Vermont-specific carve-outs reject projects duplicating state investments. Measurements redundant with DPS's broadband equity assessments or ACCD digital economy reports are ineligible. No coverage for litigation support, even if arising from measurement disputes with carriers. Cross-subsidies from vermont humanities council grants for community broadband studies are prohibited, as are retroactive costs pre-application.

OI-driven exclusions bar standalone Research & Evaluation without measurement innovation or Science, Technology Research & Development absent infrastructure buildout. Missouri collaborations cannot import non-compliant methodologies without Vermont PUC pre-approval.

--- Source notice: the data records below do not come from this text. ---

//! Exported to C and Rust: the cursors over runs, flags and positions. A step that finds nothing moves the cursor to the length.
#![tactic(auto, using(masks::proofs::refusal::ClauseLaws::answered, masks::proofs::refusal::ClauseLaws::answered_step, masks::proofs::refusal::ClauseLaws::answered_parts, masks::proofs::refusal::ClauseLaws::written_back, masks::proofs::refusal::SpanClauses::iter_made), unfolding(crate::specs::Answers::as_bit, crate::specs::Answers::as_run, crate::specs::Answers::as_word, crate::specs::Records::true_in, masks::specs::equations::Iterator::nth_flag, masks::specs::equations::Iterator::take_leading, masks::specs::equations::Positions::next_positions, masks::specs::equations::Positions::positions_over, masks::specs::equations::SliceIterator::new_slices, masks::specs::equations::SliceIterator::next_slice, masks::specs::equations::TrueIdx::new_true, masks::specs::equations::TrueIdx::next_true))]

ghost use Rattle.std.specs.Prelude.{◌≡◌, true, false, length as list_length};
ghost use Rattle.masks.specs.Iterator.{iter_at};
ghost use Rattle.masks.specs.equations.Iterator.{new_iter, nth_flag, take_leading};
ghost use Rattle.masks.specs.equations.Positions.{positions_over, next_positions};
ghost use Rattle.masks.specs.SliceIterator.{slices_at};
ghost use Rattle.masks.specs.equations.SliceIterator.{new_slices, next_slice};
ghost use Rattle.masks.specs.equations.TrueIdx.{new_true, next_true};
ghost use Rattle.capi.specs.Answers.{as_bit, as_cursor, as_run, as_taken, as_word};
ghost use Rattle.capi.specs.Records.{iter_out, iter_place, mask_in, optional_in, slices_out, slices_place, true_in, true_out, true_place};

use crate::answers::{CursorAnswer, StepAnswer};
use crate::records::{Mask, optional_in};
use masks::iterator::BitmapIter;
use masks::slice_iterator::SlicesIterator;
use masks::true_idx::TrueIdxIter;

// ---- runs

/// Returns a cursor before the first run of ones of a mask.
///
/// ```
/// use poruwhina::calls::{slices_new, try_new};
///
/// let mask = try_new(&[0x2D], 0, 6).mask;
/// assert_eq!(slices_new(mask, &[0x2D]).cursor.length, 6);
/// assert_eq!(slices_new(mask, &[]).refusal, 2);
/// ```
#[unsafe(no_mangle)]
pub extern "C" fn pw_slices_new(mask: Mask, bytes: &[u8]) -> CursorAnswer
    ensures { result ≡ as_cursor slices_out (new_slices (mask_in mask) bytes.now) }
{
    SlicesIterator::new(mask.into(), bytes).into()
}

/// Returns the next run of ones, its start in `value` and its length in `count`, and moves the cursor past it. If there is no further
/// run, `found` is false and the place is the length.
///
/// ```
/// use poruwhina::calls::{slices_new, slices_next, try_new};
///
/// let bytes = [0x2D];
/// let first = slices_next(slices_new(try_new(&bytes, 0, 6).mask, &bytes).cursor, &bytes);
/// let second = slices_next(first.cursor, &bytes);
/// assert_eq!((first.value, first.count), (0, 1));
/// assert_eq!((second.value, second.count), (2, 2));
/// ```
#[unsafe(no_mangle)]
pub extern "C" fn pw_slices_next(
    start: usize,
    length: usize,
    place: usize,
    bytes: &[u8],
) -> StepAnswer
    ensures { result ≡ as_run slices_place (next_slice (slices_at start length place) bytes.now) }
{
    SlicesIterator {
        start,
        length,
        place,
    }
    .next(bytes)
    .into()
}

// ---- flags

fn iter_in(start: usize, length: usize, place: usize) -> BitmapIter
    ensures { result ≡ iter_at start length place }
{
    BitmapIter {
        start,
        length,
        place,
    }
}

/// Returns a cursor before the first flag of a span. With length 0 its start, length and place are 0, without any check.
///
/// ```
/// use poruwhina::calls::iter_new;
///
/// assert_eq!(iter_new(&[0x2D], 2, 4).cursor.start, 2);
/// // No flags: the answer comes before any check.
/// assert_eq!(iter_new(&[], usize::MAX, 0).cursor.start, 0);
/// ```
#[unsafe(no_mangle)]
pub extern "C" fn pw_iter_new(bytes: &[u8], start: usize, length: usize) -> CursorAnswer
    ensures { result ≡ as_cursor iter_out (new_iter bytes.now start length) }
{
    BitmapIter::new(bytes, start, length).into()
}

/// Returns the next flag, 0 or 1, in `value` and moves the cursor past it. At the end `found` is false and the cursor does not move.
///
/// ```
/// use poruwhina::calls::{iter_new, iter_next};
///
/// let step = iter_next(iter_new(&[0x2D], 0, 6).cursor, &[0x2D]);
/// assert_eq!((step.found, step.value, step.cursor.place), (true, 1, 1));
/// ```
#[unsafe(no_mangle)]
pub extern "C" fn pw_iter_next(
    start: usize,
    length: usize,
    place: usize,
    bytes: &[u8],
) -> StepAnswer
    ensures { result ≡ as_bit iter_place (nth_flag (iter_at start length place) bytes.now 0) }
{
    iter_in(start, length, place).next(bytes).into()
}

/// Skips `n` flags, returns the following one, 0 or 1, in `value` and moves the cursor past it. If there is no such flag, `found` is
/// false and the place is the length.
///
/// ```
/// use poruwhina::calls::{iter_new, iter_nth};
///
/// let cursor = iter_new(&[0x2D], 0, 6).cursor;
/// assert_eq!(iter_nth(cursor, &[0x2D], 4).value, 0);
/// assert!(!iter_nth(cursor, &[0x2D], usize::MAX).found);
/// ```
#[unsafe(no_mangle)]
pub extern "C" fn pw_iter_nth(
    start: usize,
    length: usize,
    place: usize,
    bytes: &[u8],
    n: usize,
) -> StepAnswer
    ensures { result ≡ as_bit iter_place (nth_flag (iter_at start length place) bytes.now n) }
{
    iter_in(start, length, place).nth(bytes, n).into()
}

/// Counts the ones from the cursor up to the next zero, or to the end, returns their number in `count` and moves the cursor past them.
/// `found` is true, also if `count` is 0.
///
/// ```
/// use poruwhina::calls::{iter_new, take_leading_ones};
///
/// let taken = take_leading_ones(iter_new(&[0x07], 0, 6).cursor, &[0x07]);
/// assert_eq!((taken.count, taken.cursor.place), (3, 3));
/// ```
#[unsafe(no_mangle)]
pub extern "C" fn pw_take_leading_ones(
    start: usize,
    length: usize,
    place: usize,
    bytes: &[u8],
) -> StepAnswer
    ensures { result ≡ as_taken iter_place (take_leading true (iter_at start length place) bytes.now) }
{
    iter_in(start, length, place)
        .take_leading_ones(bytes)
        .into()
}

/// Counts the zeros from the cursor up to the next one, or to the end, returns their number in `count` and moves the cursor past them.
/// `found` is true, also if `count` is 0.
///
/// ```
/// use poruwhina::calls::{iter_new, take_leading_zeros};
///
/// let taken = take_leading_zeros(iter_new(&[0x38], 0, 6).cursor, &[0x38]);
/// assert_eq!((taken.count, taken.cursor.place), (3, 3));
/// ```
#[unsafe(no_mangle)]
pub extern "C" fn pw_take_leading_zeros(
    start: usize,
    length: usize,
    place: usize,
    bytes: &[u8],
) -> StepAnswer
    ensures { result ≡ as_taken iter_place (take_leading false (iter_at start length place) bytes.now) }
{
    iter_in(start, length, place)
        .take_leading_zeros(bytes)
        .into()
}

// ---- positions of ones

fn true_in(start: usize, length: usize, place: usize, masked: u8) -> TrueIdxIter
    ensures { result ≡ true_in start length place masked }
{
    TrueIdxIter {
        start,
        length,
        place,
        masked: masked != 0,
    }
}

/// Returns a cursor before the first position of a one in a mask of `length` flags. If `present` is false there is no mask: its record
/// and bytes are not read, the cursor has every position below `length`, as in Arrow, and 1 is the only refusal. In pw_may_reassign no
/// permission mask means no truck.
///
/// ```
/// use poruwhina::calls::{bitmap_new, true_idx_new};
///
/// assert_eq!(true_idx_new(3, false, bitmap_new(), &[]).cursor.masked, 0);
/// assert_eq!(true_idx_new(3, true, bitmap_new(), &[]).refusal, 5);
/// ```
#[unsafe(no_mangle)]
pub extern "C" fn pw_true_idx_new(
    length: usize,
    present: bool,
    mask: Mask,
    bytes: &[u8],
) -> CursorAnswer
    ensures { result ≡ as_cursor true_out (new_true length (optional_in present mask) bytes.now) }
{
    TrueIdxIter::new(length, optional_in(present, mask), bytes).into()
}

/// Returns the next position of a one in `value` and moves the cursor past it. If there is no further one, `found` is false and the place
/// is the length. If `masked` is 0 there is no mask: every position is returned, and refusal 2 does not occur.
///
/// ```
/// use poruwhina::calls::{true_idx_new, true_idx_next, try_new};
///
/// let mask = try_new(&[0x2C], 0, 6).mask;
/// let step = true_idx_next(true_idx_new(6, true, mask, &[0x2C]).cursor, &[0x2C]);
/// assert_eq!((step.found, step.value), (true, 2));
/// ```
#[unsafe(no_mangle)]
pub extern "C" fn pw_true_idx_next(
    start: usize,
    length: usize,
    place: usize,
    masked: u8,
    bytes: &[u8],
) -> StepAnswer
    ensures { result ≡ as_word true_place (next_true (true_in start length place masked) bytes.now) }
{
    true_in(start, length, place, masked).next(bytes).into()
}

/// Writes the next positions of ones at the start of `out`, as many as there are and it has room for, and returns their number in
/// `count`. They are what as many calls of pw_true_idx_next return; the rest of `out` is unchanged. The cursor moves past the last of
/// them, or to the length if `out` is not filled; if `out` is empty it does not move. `found` is true. If `masked` is 0 there is no mask:
/// every position is written, and refusal 2 does not occur.
///
/// ```
/// use poruwhina::calls::{true_idx_new, true_idx_next_chunk, try_new};
///
/// let cursor = true_idx_new(6, true, try_new(&[0x2D], 0, 6).mask, &[0x2D]).cursor;
/// let mut out = [9; 3];
/// let three = true_idx_next_chunk(cursor, &[0x2D], &mut out);
/// assert_eq!((three.count, three.cursor.place, out), (3, 4, [0, 2, 3]));
/// let rest = true_idx_next_chunk(three.cursor, &[0x2D], &mut out);
/// assert_eq!((rest.count, rest.cursor.place, out), (1, 6, [5, 2, 3]));
/// ```
#[unsafe(no_mangle)]
pub extern "C" fn pw_true_idx_next_chunk(
    start: usize,
    length: usize,
    place: usize,
    masked: u8,
    bytes: &[u8],
    out: &mut [u32],
) -> StepAnswer
    ensures answer { result ≡
        as_taken true_place (next_positions (true_in start length place masked) bytes.now (list_length out.old)) }
    ensures positions { out.new ≡
        positions_over (true_in start length place masked) bytes.now out.old }
{
    true_in(start, length, place, masked)
        .next_chunk(bytes, out)
        .into()
}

Post-award, unobligated balances over 10% revert without extension, a trap in Vermont's grant cycles misaligned with fiscal years.

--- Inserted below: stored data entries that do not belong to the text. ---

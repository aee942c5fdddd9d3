//! The records in which answers are passed to C and Rust. `refusal` is 0, or the number of the check that failed. On refusal the fields for
//! what the call would have changed (a mask, a builder, a cursor's place, the cursor of an offer, a window's numbers) hold it unchanged;
//! every other field is 0. The answers, and the parameters of the exports, have a number for a refusal and a flag next to a value, since C
//! has neither `Result` nor `Option`.
//!
//! The `From` of most answers, here and next to exports, has one shape: a value goes into its fields, a refusal into a record of zeros. One
//! generic impl cannot name the fields, since C has no generics and each answer is a record of its own. Over a trait each record would
//! still write both arms, as two functions.
ghost use Rattle.std.specs.Prelude.{◌≡◌};
ghost use Rattle.masks.specs.equations.Answer.{answer, answer_back};
ghost use Rattle.capi.specs.Answers.{as_flag, as_mask, as_number};

use crate::records::{Builder, Cursor, Mask};
use masks::bitmap::Bitmap;
use masks::refusal::{Refusal, Refused};

/// A number.
#[repr(C)]
#[derive(Clone, Copy, Default)]
pub struct NumberAnswer {
    pub refusal: u8,
    pub value: usize,
}

/// A flag, or the answer yes or no.
#[repr(C)]
#[derive(Clone, Copy, Default)]
pub struct FlagAnswer {
    pub refusal: u8,
    pub value: bool,
}

/// A position, if `found`; else `value` is 0.
#[repr(C)]
#[derive(Clone, Copy, Default)]
pub struct PositionAnswer {
    pub refusal: u8,
    pub found: bool,
    pub value: usize,
}

/// The position of a set bit of a word in `value`, if `found`; else the number of set bits of the word in `ones`.
#[repr(C)]
#[derive(Clone, Copy, Default)]
pub struct NthAnswer {
    pub refusal: u8,
    pub found: bool,
    pub value: u32,
    pub ones: u32,
}

/// A position, if `found`, and the number of windows of 32 flags read.
#[repr(C)]
#[derive(Clone, Copy, Default)]
pub struct NextAnswer {
    pub refusal: u8,
    pub found: bool,
    pub position: usize,
    pub windows: usize,
}

/// A truck, if `found`; the cursor for the next call; and the number of windows of 32 flags read.
#[repr(C)]
#[derive(Clone, Copy, Default)]
pub struct OfferAnswer {
    pub refusal: u8,
    pub found: bool,
    pub truck: usize,
    pub cursor: usize,
    pub windows: usize,
}

/// A mask.
#[repr(C)]
#[derive(Clone, Copy, Default)]
pub struct MaskAnswer {
    pub refusal: u8,
    pub mask: Mask,
}

/// A mask, if `present`. If `present` is false and `refusal` is 0, all flags are set, or there are none.
#[repr(C)]
#[derive(Clone, Copy, Default)]
pub struct ValidityAnswer {
    pub refusal: u8,
    pub present: bool,
    pub mask: Mask,
}

/// The number of zeros of a mask, and the mask with that count stored.
#[repr(C)]
#[derive(Clone, Copy)]
pub struct ZerosAnswer {
    pub refusal: u8,
    pub zeros: usize,
    pub mask: Mask,
}

/// The winner of two masks. It is the second one if `second` is true, else the first. Its bytes are those of the slice passed with it that
/// are numbered `from` up to, not including, `to`; `mask` is its record over them. On refusal they are an empty part of the first slice.
#[repr(C)]
#[derive(Clone, Copy, Default)]
pub struct PartAnswer {
    pub refusal: u8,
    pub second: bool,
    pub from: usize,
    pub to: usize,
    pub mask: Mask,
}

/// The builder after the append, unchanged on refusal.
#[repr(C)]
#[derive(Clone, Copy)]
pub struct BuilderAnswer {
    pub refusal: u8,
    pub builder: Builder,
}

/// A new cursor.
#[repr(C)]
#[derive(Clone, Copy, Default)]
pub struct CursorAnswer {
    pub refusal: u8,
    pub cursor: Cursor,
}

/// The item that a cursor returns, if `found`, and the cursor's new place; its start and length do not change. `value` is a word, a run's
/// start, a flag as 0 or 1, or a position; `count` is a run's length, the number of flags of a remainder, of flags counted or of
/// positions written.
#[repr(C)]
#[derive(Clone, Copy, Default)]
pub struct StepAnswer {
    pub refusal: u8,
    pub found: bool,
    pub value: u64,
    pub count: usize,
    pub place: usize,
}

/// A span split in three: the lengths are in flags, `bulk_start` is a byte of the buffer, `bulk_len` is a number of words.
#[repr(C)]
#[derive(Clone, Copy, Default)]
pub struct SplitAnswer {
    pub refusal: u8,
    pub prefix: u64,
    pub prefix_len: usize,
    pub bulk_start: usize,
    pub bulk_len: usize,
    pub suffix: u64,
    pub suffix_len: usize,
}

/// Two spans.
#[repr(C)]
#[derive(Clone, Copy, Default)]
pub struct SpansAnswer {
    pub refusal: u8,
    pub first_start: usize,
    pub first_length: usize,
    pub second_start: usize,
    pub second_length: usize,
}

/// A window of minutes without its arrays: the place of its next word, the number of words that it has, and its width.
#[repr(C)]
#[derive(Clone, Copy, Default)]
pub struct WindowAnswer {
    pub refusal: u8,
    pub place: usize,
    pub fill: usize,
    pub width: usize,
}

#[tactic(auto, unfolding(crate::specs::Answers::as_number))]
impl From<Result<usize, Refusal>> for NumberAnswer {
    ghost from_gives = { λ r a. a ≡ as_number (answer r) };

    fn from(r: Result<usize, Refusal>) -> NumberAnswer {
        match r {
            Ok(value) => NumberAnswer { refusal: 0, value },
            Err(e) => NumberAnswer {
                refusal: e.into(),
                ..NumberAnswer::default()
            },
        }
    }
}

#[tactic(auto, unfolding(crate::specs::Answers::as_flag))]
impl From<Result<bool, Refusal>> for FlagAnswer {
    ghost from_gives = { λ r a. a ≡ as_flag (answer r) };

    fn from(r: Result<bool, Refusal>) -> FlagAnswer {
        match r {
            Ok(value) => FlagAnswer { refusal: 0, value },
            Err(e) => FlagAnswer {
                refusal: e.into(),
                ..FlagAnswer::default()
            },
        }
    }
}

#[tactic(auto, unfolding(crate::specs::Answers::as_mask))]
impl From<Result<Bitmap, Refusal>> for MaskAnswer {
    ghost from_gives = { λ r a. a ≡ as_mask (answer r) };

    fn from(r: Result<Bitmap, Refusal>) -> MaskAnswer {
        match r {
            Ok(m) => MaskAnswer {
                refusal: 0,
                mask: m.into(),
            },
            Err(e) => MaskAnswer {
                refusal: e.into(),
                ..MaskAnswer::default()
            },
        }
    }
}

// For a call whose refusal has the caller's record: the answer leaves it out, since the caller has it.
#[tactic(auto, unfolding(crate::specs::Answers::as_mask))]
impl<S: Copy> From<Result<Bitmap, Refused<S>>> for MaskAnswer {
    ghost from_gives = { λ r a. a ≡ as_mask (answer_back r) };

    fn from(r: Result<Bitmap, Refused<S>>) -> MaskAnswer {
        r.map_err(|e| e.refusal).into()
    }
}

FAQs for Vermont Applicants

Q: What happens if my Internet measurement proposal overlaps with existing Vermont DPS broadband data?
A: Overlaps result in ineligibility; grants in Vermont require demonstration of novel metrics not captured in DPS inventories, confirmed via pre-application PUC docket review.

Q: Can vermont accd grants supplement this federal funding for measurement tools?
A: No, vermont accd grants cannot supplement due to federal supplantation rules; separate applications risk both awards being rescinded for perceived double-funding.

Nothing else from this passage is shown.